#### What you should do:
Every entry must come back exactly as it was written.

#### Provided records:
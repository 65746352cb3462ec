//! Reading a gated file from gate to gate.
ghost use Rattle.std.specs.Prelude.{◌≡◌, ◌≤◌, ◌<◌, ◌+◌, ℕ, length, take, drop, IfOk, IfSome, OnErr, IsErrOf};
ghost use Rattle.std.specs.Int.{from_be_bytes, to_be_bytes, w32};
ghost use Rattle.disk_defs.specs.Disk.{Reads, MayFailUncounted};
ghost use Rattle.disk_defs.specs.Gates.{NoGate, gate_at};
ghost use Rattle.gated_file.specs.Reading.{BodyAt, Finds};

use crate::error::GateError;
use crate::gated::Gated;
use gvn_key::Bytes;
use repl_disk::Disk;
use std::alloc::Global;
use std::collections::VecDeque;

/// The greatest length of a body in bytes.
const LONGEST: u64 = global_defs::limits::LONGEST_BODY as u64;

/// The number that four bytes spell, the greatest part first.
fn big_endian(bytes: [u8; 4]) -> u32
    ensures value { result ≡ from_be_bytes w32 bytes }
    ensures spelled { to_be_bytes w32 result ≡ bytes }
{
    u32::from_be_bytes(bytes)
}

/// The length of the body behind an open gate, or `None` at a closed one.
pub fn body_length<D: Disk>(
    disk: &mut D,
    file: u32,
    size: u64,
    at: u64,
) -> Result<Option<u64>, GateError>
    requires long { 2 ≤ size }
    requires told { IfSome (D.disk disk.old).content (λ files. size ≡ length (files file)) }
    ensures found { IfOk result (λ found. IfSome (D.disk disk.old).content (λ files. BodyAt (files file) at found)) }
    ensures inside { IfOk result (λ found. IfSome found (λ n. at + n + 6 ≤ size)) }
    ensures outside { IsErrOf result (GateError.NotARecord at) → IfSome (D.disk disk.old).content (λ files. gate_at (files file) at ≡ NoGate) }
    ensures only_here { (offset : ℕ) → IsErrOf result (GateError.NotARecord offset) → offset ≡ at }
    ensures memory { IsErrOf result GateError.NoMemory → ⊥ }
    ensures reads { Reads (D.disk disk.old) (D.disk disk.new) }
    ensures faults { MayFailUncounted (D.disk disk.old).faults (D.disk disk.new).faults (IsErrOf result GateError.Failed) }
{
    if at >= size {
        return Err(GateError::NotARecord { offset: at });
    }
    let mut gate = [0];
    disk.read_at(file, at, &mut gate)?;
    if gate[0] != 1 {
        return Ok(None);
    }
    if size - at < 6 {
        return Err(GateError::NotARecord { offset: at });
    }
    let mut head = [0; 4];
    disk.read_at(file, at + 1, &mut head)?;
    let n = big_endian(head) as u64;
    if n == 0 || n > LONGEST || size - at < n + 6 {
        return Err(GateError::NotARecord { offset: at });
    }
    Ok(Some(n))
}

/// So many bytes of a file from a place on.
fn bytes_at<D: Disk>(
    alloc: Global,
    disk: &mut D,
    file: u32,
    at: u64,
    n: u64,
) -> Result<Vec<u8>, GateError>
    requires inside { IfSome (D.disk disk.old).content (λ files. at + n ≤ length (files file)) }
    ensures bytes { IfOk result (λ bytes. IfSome (D.disk disk.old).content (λ files. bytes.items ≡ take n (drop at (files file)))) }
    ensures reads { Reads (D.disk disk.old) (D.disk disk.new) }
    ensures faults { MayFailUncounted (D.disk disk.old).faults (D.disk disk.new).faults (IsErrOf result GateError.Failed) }
    ensures outside { (offset : ℕ) → IsErrOf result (GateError.NotARecord offset) → ⊥ }
{
    let mut bytes = Vec::new(alloc);
    if bytes.resize(n as usize, 0).is_err() {
        return Err(GateError::NoMemory);
    }
    disk.read_at(file, at, &mut bytes)?;
    Ok(bytes)
}

impl Gated {
    /// A file for reading alone, by [`next_record`](Gated::next_record). It makes no disk call.
    pub fn reading(alloc: Global, file: u32) -> Gated
        ensures { result.file ≡ file }
    {
        Gated {
            alloc,
            file,
            end: 0,
            closed: VecDeque::new(alloc),
            buffer: Vec::new(alloc),
            bodies_left: 0,
            bytes_left: 0,
            syncs_left: 0,
            synced: false,
        }
    }

    /// Adds the body at a place to `out` and answers the next place, or answers `None` exactly at a closed gate or in a file
    /// shorter than two bytes. An `Err` leaves `out` as it was.
    ///
    /// # Errors
    /// `NotARecord` with this place exactly where no gate of the format stands there; `Failed` only where the disk's count
    /// rose.
    pub fn next_record<D: Disk>(
        &mut self,
        disk: &mut D,
        at: u64,
        out: &mut Bytes,
    ) -> Result<Option<u64>, GateError>
        ensures found { IfOk result (λ next. IfSome (D.disk disk.old).content (λ files. Finds (files self.old.file) at next out.old out.new)) }
        ensures further { IfOk result (λ next. IfSome next (λ place. at < place)) }
        ensures outside { IsErrOf result (GateError.NotARecord at) → IfSome (D.disk disk.old).content (λ files. gate_at (files self.old.file) at ≡ NoGate) }
        ensures only_here { (offset : ℕ) → IsErrOf result (GateError.NotARecord offset) → offset ≡ at }
        ensures out { OnErr result (out.new ≡ out.old) }
        ensures same { self.new ≡ self.old }
        ensures reads { Reads (D.disk disk.old) (D.disk disk.new) }
        ensures faults { MayFailUncounted (D.disk disk.old).faults (D.disk disk.new).faults (IsErrOf result GateError.Failed) }
    {
        let length = disk.len(self.file)?;
        if length < 2 {
            return Ok(None);
        }
        let Some(n) = body_length(disk, self.file, length, at)? else {
            return Ok(None);
        };
        let body = bytes_at(self.alloc, disk, self.file, at + 5, n)?;
        out.push_all(&body)?;
        Ok(Some(at + 5 + n))
    }
}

#### Result of the task:
repository 65746352cb3462ec
//! Reading a gated file from gate to gate.
ghost use Rattle.std.specs.Prelude.{◌≡◌, ◌≤◌, ◌<◌, ◌+◌, ℕ, length, take, drop, IfOk, IfSome, OnErr, IsErrOf};
ghost use Rattle.std.specs.Int.{from_be_bytes, to_be_bytes, w32};
ghost use Rattle.disk_defs.specs.Disk.{Reads, MayFailUncounted};
ghost use Rattle.disk_defs.specs.Gates.{NoGate, gate_at};
ghost use Rattle.gated_file.specs.Reading.{BodyAt, Finds};

use crate::error::GateError;
use crate::gated::Gated;
use gvn_key::Bytes;
use repl_disk::Disk;
use std::alloc::Global;
use std::collections::VecDeque;

/// The greatest length of a body in bytes.
const LONGEST: u64 = global_defs::limits::LONGEST_BODY as u64;

/// The number that four bytes spell, the greatest part first.
fn big_endian(bytes: [u8; 4]) -> u32
    ensures value { result ≡ from_be_bytes w32 bytes }
    ensures spelled { to_be_bytes w32 result ≡ bytes }
{
    u32::from_be_bytes(bytes)
}

/// The length of the body behind an open gate, or `None` at a closed one.
pub fn body_length<D: Disk>(
    disk: &mut D,
    file: u32,
    size: u64,
    at: u64,
) -> Result<Option<u64>, GateError>
    requires long { 2 ≤ size }
    requires told { IfSome (D.disk disk.old).content (λ files. size ≡ length (files file)) }
    ensures found { IfOk result (λ found. IfSome (D.disk disk.old).content (λ files. BodyAt (files file) at found)) }
    ensures inside { IfOk result (λ found. IfSome found (λ n. at + n + 6 ≤ size)) }
    ensures outside { IsErrOf result (GateError.NotARecord at) → IfSome (D.disk disk.old).content (λ files. gate_at (files file) at ≡ NoGate) }
    ensures only_here { (offset : ℕ) → IsErrOf result (GateError.NotARecord offset) → offset ≡ at }
    ensures memory { IsErrOf result GateError.NoMemory → ⊥ }
    ensures reads { Reads (D.disk disk.old) (D.disk disk.new) }
    ensures faults { MayFailUncounted (D.disk disk.old).faults (D.disk disk.new).faults (IsErrOf result GateError.Failed) }
{
    if at >= size {
        return Err(GateError::NotARecord { offset: at });
    }
    let mut gate = [0];
    disk.read_at(file, at, &mut gate)?;
    if gate[0] != 1 {
        return Ok(None);
    }
    if size - at < 6 {
        return Err(GateError::NotARecord { offset: at });
    }
    let mut head = [0; 4];
    disk.read_at(file, at + 1, &mut head)?;
    let n = big_endian(head) as u64;
    if n == 0 || n > LONGEST || size - at < n + 6 {
        return Err(GateError::NotARecord { offset: at });
    }
    Ok(Some(n))
}

/// So many bytes of a file from a place on.
fn bytes_at<D: Disk>(
    alloc: Global,
    disk: &mut D,
    file: u32,
    at: u64,
    n: u64,
) -> Result<Vec<u8>, GateError>
    requires inside { IfSome (D.disk disk.old).content (λ files. at + n ≤ length (files file)) }
    ensures bytes { IfOk result (λ bytes. IfSome (D.disk disk.old).content (λ files. bytes.items ≡ take n (drop at (files file)))) }
    ensures reads { Reads (D.disk disk.old) (D.disk disk.new) }
    ensures faults { MayFailUncounted (D.disk disk.old).faults (D.disk disk.new).faults (IsErrOf result GateError.Failed) }
    ensures outside { (offset : ℕ) → IsErrOf result (GateError.NotARecord offset) → ⊥ }
{
    let mut bytes = Vec::new(alloc);
    if bytes.resize(n as usize, 0).is_err() {
        return Err(GateError::NoMemory);
    }
    disk.read_at(file, at, &mut bytes)?;
    Ok(bytes)
}

impl Gated {
    /// A file for reading alone, by [`next_record`](Gated::next_record). It makes no disk call.
    pub fn reading(alloc: Global, file: u32) -> Gated
        ensures { result.file ≡ file }
    {
        Gated {
            alloc,
            file,
            end: 0,
            closed: VecDeque::new(alloc),
            buffer: Vec::new(alloc),
            bodies_left: 0,
            bytes_left: 0,
            syncs_left: 0,
            synced: false,
        }
    }

    /// Adds the body at a place to `out` and answers the next place, or answers `None` exactly at a closed gate or in a file
    /// shorter than two bytes. An `Err` leaves `out` as it was.
    ///
    /// # Errors
    /// `NotARecord` with this place exactly where no gate of the format stands there; `Failed` only where the disk's count
    /// rose.
    pub fn next_record<D: Disk>(
        &mut self,
        disk: &mut D,
        at: u64,
        out: &mut Bytes,
    ) -> Result<Option<u64>, GateError>
        ensures found { IfOk result (λ next. IfSome (D.disk disk.old).content (λ files. Finds (files self.old.file) at next out.old out.new)) }
        ensures further { IfOk result (λ next. IfSome next (λ place. at < place)) }
        ensures outside { IsErrOf result (GateError.NotARecord at) → IfSome (D.disk disk.old).content (λ files. gate_at (files self.old.file) at ≡ NoGate) }
        ensures only_here { (offset : ℕ) → IsErrOf result (GateError.NotARecord offset) → offset ≡ at }
        ensures out { OnErr result (out.new ≡ out.old) }
        ensures same { self.new ≡ self.old }
        ensures reads { Reads (D.disk disk.old) (D.disk disk.new) }
        ensures faults { MayFailUncounted (D.disk disk.old).faults (D.disk disk.new).faults (IsErrOf result GateError.Failed) }
    {
        let length = disk.len(self.file)?;
        if length < 2 {
            return Ok(None);
        }
        let Some(n) = body_length(disk, self.file, length, at)? else {
            return Ok(None);
        };
        let body = bytes_at(self.alloc, disk, self.file, at + 5, n)?;
        out.push_all(&body)?;
        Ok(Some(at + 5 + n))
    }
}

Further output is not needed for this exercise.